I had my investigations under Bridgend and NPT but I'm under CARU now.

Andi x


----------



## ANDI68 (Aug 17, 2007)

Vella,

That sounds nasty .. hope you're better now.  DH and myself only had investigations there really, we need ICSI so we were referred to Cardiff.  Mind you, all that took months. 

I only saw Miss Dossa twice .. once on initial consultation and then when I had an echovist scan in NPT hospital.  Generally, I found the unit okay but I have learnt one thing through this process .... don't rely on people to do their jobs .. letters get lost between departments, you have to keep on otherwise you may get forgotten or delayed .. but that's another story.
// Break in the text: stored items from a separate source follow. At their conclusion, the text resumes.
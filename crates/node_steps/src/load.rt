//! Reading a setting text, and the operations that set its points.

ghost use Rattle.std.specs.Prelude.{◌≡◌, ◌⊎◌, ◌+◌, ◌<◌, ◌^◌, ◌≤◌, ℕ, List, [], length, map};
ghost use Rattle.std.specs.Prelude.{IfOk, IfErr, IsErrOf, OnOk, IsTrue, Ok};
ghost use Rattle.std.specs.Prelude.{Some, None};
ghost use Rattle.actions.specs.Value.{TermValue};
ghost use Rattle.actions.specs.Names.{is_name};
ghost use Rattle.actions.specs.Canonical.{canonical};
ghost use Rattle.actions.specs.SettingReading.{setting_reading};
ghost use Rattle.stamp_register.specs.Keys.{body_value};
ghost use Rattle.operations.specs.Operations.{IsIn, operation};
ghost use Rattle.replica_state.specs.Unions.{with_names};
ghost use Rattle.message_format.specs.Spelling.{IsBody};
ghost use Rattle.node_steps.specs.Refusals.{bad_setting};
ghost use Rattle.node_steps.specs.Replicas.{state_in};
ghost use Rattle.node_steps.specs.Settings.{operations_issued, settings_of};

use crate::replica::State;
use actions::{Actions, Name, SettingFault, parse_setting};
use node_calls::{NodeFault, TextFault};
use replica_state::{Op, Replica};
use stamp_register::{Body, Key};
use std::alloc::{AllocError, Global};

/// The points that a setting text sets, or the refusal.
pub fn read_points(alloc: Global, text: &str) -> Result<Vec<(Name, Actions)>, NodeFault>
    ensures ok { IfOk result (λ points. setting_reading text.now ≡ Ok points.items) }
    ensures few { IfOk result (λ points. length points.items < 2 ^ 16) }
    ensures named { IfOk result (λ points. (s : List ℕ × List TermValue)
        → IsIn s points.items → IsTrue (is_name s.0)) }
    ensures refused { IfErr result (λ f. (f ≡ NodeFault.OutOfMemory)
        ⊎ (bad_setting (setting_reading text.now) ≡ Some f)) }
    ensures short { OnOk result (length text.now ≤ 65536) }
    ensures memory { IsErrOf result NodeFault.OutOfMemory → length text.now ≤ 65536 }
{
    match parse_setting(alloc, text) {
        Ok(points) => Ok(points),
        Err(SettingFault::BadName { .. }) => Err(NodeFault::BadName),
        Err(SettingFault::OutOfMemory) => Err(NodeFault::OutOfMemory),
        Err(fault) => Err(NodeFault::BadActions(TextFault::Setting(fault))),
    }
}

/// The body of a key that sets actions: one that a message can tell.
pub fn set_to(actions: Actions) -> Body
    ensures value { body_value result ≡ Some (canonical actions) }
    ensures tellable { IsBody (body_value result) }
{
    // The answer is of no use: the call says that the text is canonical.
    let _ = actions.text();
    Body::Set(actions)
}

/// A state that knows just the names of points, to count them by. Each is removed there, so that
/// no text is copied.
pub fn state_of_names(alloc: Global, points: &[(Name, Actions)]) -> Result<State, AllocError>
    ensures { IfOk result (λ named. (state_in named).names
        ≡ with_names (map (λ point. point.0) points.now) []) }
{
    let removed = Key {
        clock: 0,
        node: 0,
        body: Body::Removed,
    };
    let mut named = State::empty(alloc);
    for (name, _) in points {
        named.learn(alloc, name, &removed, None)?;
    }
    Ok(named)
}

/// The operations that set points, one after the other, under keys of consecutive clocks after
/// this one.
pub fn settings_issued(
    alloc: Global,
    me: u8,
    clock: u64,
    points: Vec<(Name, Actions)>,
) -> Result<Vec<Op>, AllocError>
    requires { clock + length points.items < 2 ^ 64 }
    ensures value { IfOk result (λ ops. map operation ops.items
        ≡ operations_issued me clock (settings_of points.items)) }
    ensures bodies { OnOk result ((s : List ℕ × List TermValue)
        → IsIn s points.items → IsBody (Some (canonical s.1))) }
{
    let mut ops = Vec::with_capacity(alloc, points.len())?;
    let mut last = clock;
    for (name, actions) in points {
        last += 1;
        let key = Key {
            clock: last,
            node: me,
            body: set_to(actions),
        };
        ops.push_reserved(Op::Set { name, key });
    }
    Ok(ops)
}
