//! The generator of a node's random draws.

ghost use Rattle.std.specs.Prelude.{◌≡◌, ◌+◌, ◌<◌, ◌^◌, ◌%◌, vec_len, IfOk, OnErr, OnOk};
ghost use Rattle.rand_chacha.specs.ChaCha.{ChaCha, key_of};
ghost use Rattle.node_steps.specs.Words.{words_next, place_after};

use crate::words::WordSource;
use node_calls::NodeFault;
use rand_chacha::ChaCha8Rng;
use rand_core::SeedableRng;
use rand_core::utils::NextWord;
use std::alloc::{AllocError, Global};
use std::marker::Model;

/// The generator of a node's random draws: ChaCha8 of a seed, on the stream of the node's number.
/// Contracts see its key, its stream, and the place of its next random draw, counted from 0.
#[derive(Drop)]
pub struct Generator {
    stream: ChaCha8Rng,
}

impl Model for Generator {
    ghost Value = { ChaCha };

    ghost view = { λ g. g.stream };
}

// 2^67, half of a stream. Each pass takes 16 random draws at most and a node accepts fewer than
// 2^56 calls, so none comes so far.
const LAST_PLACE: u128 = 147_573_952_589_676_412_928;

impl Generator {
    /// A generator at the start of a stream of the seed.
    pub fn new(seed: [u8; 32], stream: u64) -> Generator
        ensures { result ≡ record { key = key_of seed; stream = stream; word_pos = 0 } }
    {
        let mut words = ChaCha8Rng::from_seed(seed);
        words.set_stream(stream);
        Generator { stream: words }
    }

    /// The place of the next random draw.
    pub fn place(&self) -> u128
        ensures place { result ≡ self.now.word_pos }
        ensures bound { result < 2 ^ 68 }
    {
        self.stream.get_word_pos()
    }

    /// Goes over so many random draws, that were drawn before.
    pub fn skip(&mut self, count: u64)
        ensures { self.new ≡ record self.old { word_pos = (self.old.word_pos + count) % 2 ^ 68 } }
    {
        self.set_place(self.place() + count as u128);
    }

    /// Goes to a place.
    pub fn set_place(&mut self, place: u128)
        ensures { self.new ≡ record self.old { word_pos = place % 2 ^ 68 } }
    {
        self.stream.set_word_pos(place);
    }
}

impl WordSource for Generator {
    ghost use Rattle.node_steps.specs.Words.{words_next, place_after};

    ghost can_draw = { λ _. Unit {0} };

    ghost next_words = { words_next };

    ghost after_words = { place_after };

    fn draw(&mut self, alloc: Global, count: u8) -> Result<Vec<u32>, NodeFault> {
        if self.stream.get_word_pos() >= LAST_PLACE {
            return Err(NodeFault::OutOfMemory);
        }
        Ok(draw(alloc, &mut self.stream, count)?)
    }
}

// The next random draws of the generator, so many.
fn draw(alloc: Global, generator: &mut ChaCha8Rng, count: u8) -> Result<Vec<u32>, AllocError>
    requires { generator.old.word_pos + count < 2 ^ 68 }
    ensures words { IfOk result (λ words. words.items ≡ words_next generator.old count) }
    ensures many { IfOk result (λ words. vec_len words ≡ count) }
    ensures place { OnOk result (generator.new ≡ place_after generator.old count) }
    ensures err { OnErr result (generator.new ≡ generator.old) }
{
    let mut words = Vec::with_capacity(alloc, usize::from(count))?;
    for _ in 0..count {
        words.push_reserved(generator.next_word());
    }
    Ok(words)
}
Will you be getting another try there?  I know Bridgend is NHS funded so how many attempts can you have?

Andi x


----------



## ANDI68 (Aug 17, 2007)

Forgot to say I've learnt a lot from a book I bought ... Zita West - Fertility & Conception.  It covers everything


----------



## ANDI68 (Aug 17, 2007)

Keep your chin up


----------



## crazybabe (Apr 24, 2007)

Hi Andi

How are you keeping, did you suffer from bloating, wind and upset tummy while DR i am on day 4 now of DR, it has only started today, it may be from a cup of soup i had in work today, felt a bit dodgie after i drunk that, it is a while ago sincle i did the injections with iui (Suprecur 0.5ml thuis time with ivf 0.3ml whrn i had iui) so i cant really remember how i felt.  Have you had this.

Crazybabe


----------



## ANDI68 (Aug 17, 2007)

Hi Crazybabe,

I'm not too bad thanks for asking.

I had a very loose tummy (TMI I know  ) and was also getting up during the night for a wee.  And alot of disturbed sleep, I had difficulty getting back get off after going to the loo .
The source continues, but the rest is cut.